Besorgniserregende Entwicklung

Anstieg von über 40 Prozent: Immer mehr Insolvenzen in Osthessen

Immer mehr unternehmen in Osthessen müssen schließen.
Symbolbild: Pixabay

17.07.2026 / REGION - In Osthessen hat die Zahl der Unternehmensinsolvenzen im ersten Halbjahr 2026 zugenommen. Insgesamt wurden 17 Fälle registriert. Im Vorjahreszeitraum waren es 12 Fälle. Das entspricht einem Anstieg von 41,67 Prozent, der Besorgnis erregt und Fragen nach den Ursachen aufwirft.



Damit entwickelt sich Osthessen im laufenden Jahr ähnlich wie Deutschland insgesamt. Bundesweit stieg die Zahl der Unternehmensinsolvenzen im ersten Halbjahr 2026 um 7,8 Prozent auf 12.900 Fälle. Das ist der höchste Stand in einem ersten Halbjahr seit 2013.

Die Zahlen steigen weiter an

"Der Anstieg der Unternehmensinsolvenzen in Osthessen zeigt, dass sich die wirtschaftliche Lage auch in unserer Region nicht von der gesamtdeutschen Entwicklung abkoppeln kann. Viele Unternehmen stehen weiterhin unter hoher Belastung", sagt Wolfram Busold, Geschäftsführer der Creditreform Kassel-Fulda.

Nach mehreren Jahren mit stark schwankenden Fallzahlen hat sich das Insolvenzgeschehen in Osthessen damit erneut nach oben bewegt.

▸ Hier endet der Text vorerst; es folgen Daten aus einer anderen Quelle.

//! What rows can follow.

use pm_model::ElementId;

/// A change of the graph that rows can follow.
#[derive(Clone, Copy, Debug, PartialEq, Eq)]
pub enum Step {
    /// x is made, and assigned to the container where there is one.
    Make {
        x: ElementId,
        into: Option<ElementId>,
    },
    /// x is assigned to y.
    Assign {
        x: ElementId,
        y: ElementId,
    },
    /// x isn't assigned to y any more.
    Deassign {
        x: ElementId,
        y: ElementId,
    },
    /// x is deleted.
    Remove {
        x: ElementId,
    },
}
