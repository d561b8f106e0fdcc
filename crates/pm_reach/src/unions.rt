//! The unions of pages, a second table: its row k has all that the rows of page k have. A change of x
//! has to find all that is contained in x, and passes by each page whose union lacks x. The unions are
//! a filter: what a row loses stays in the union of its page, so a union may have more than its rows,
//! and never less. They take a row for each page, so at most 256, of 2 KiB each.

ghost use Rattle.std.specs.Prelude.{◌≡◌, ℕ, ◌<◌, ◌/◌, true, false, OnOk};
ghost use Rattle.pm_reach.specs.Words.{in_row};
ghost use Rattle.pm_reach.specs.Rows.{has, below, most};
ghost use Rattle.pm_reach.specs.Unions.{Keeps};

use crate::table::RowTable;
use crate::words::has_all;
use pm_model::Memory;

/// Lets the union of the page of z have what the other row has, too. Where it has that already, it takes
/// no memory, and what is shared stays so.
pub(crate) fn cover(unions: &mut RowTable, z: u32, other: &[u64]) -> Result<(), Memory>
    requires { z < most }
    ensures keeps { Keeps unions.old.rows unions.new.rows }
    ensures covered { OnOk result ((q : ℕ) → in_row other.now q ≡ true → below unions.new.rows (z / 64) q ≡ true) }
{
    let k = z / 64;
    if !unions.has_row(k) {
        return begin(unions, k, other);
    }
    if !has_all(unions.words(k), other) {
        unions.ready(k, other.len())?;
        unions.join(k, other);
    }
    Ok(())
}

/// Gives a page that has no union yet one with what the other row has.
fn begin(unions: &mut RowTable, k: u32, other: &[u64]) -> Result<(), Memory>
    requires few { k < most }
    requires none { has unions.old.rows k ≡ false }
    ensures keeps { Keeps unions.old.rows unions.new.rows }
    ensures covered { OnOk result ((q : ℕ) → in_row other.now q ≡ true → below unions.new.rows k q ≡ true) }
{
    let words = Vec::from_slice(unions.alloc(), other)?;
    let row = unions.ready_new(k, words)?;
    unions.put(k, row);
    Ok(())
}
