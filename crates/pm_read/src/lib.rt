//! Lines of the protocol: what a line asks.
#![tactic(auto)]

mod errors;
mod forms;
mod laws;
mod read;
mod responses;
mod rows;
mod terms;

pub use laws::{command_word_is_taken, lists_are_kept};
pub use read::read_request;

Nach 11 Fällen im Jahr 2022 und 20 Fällen im Jahr 2023 waren im ersten Halbjahr 2024 und 2025 jeweils 12 Unternehmensinsolvenzen registriert worden. Mit nun 17 Fällen liegt Osthessen wieder über den beiden Vorjahreswerten. Dies berichtet die Wirtschaftsauskunftei Creditreform Kassel / Fulda.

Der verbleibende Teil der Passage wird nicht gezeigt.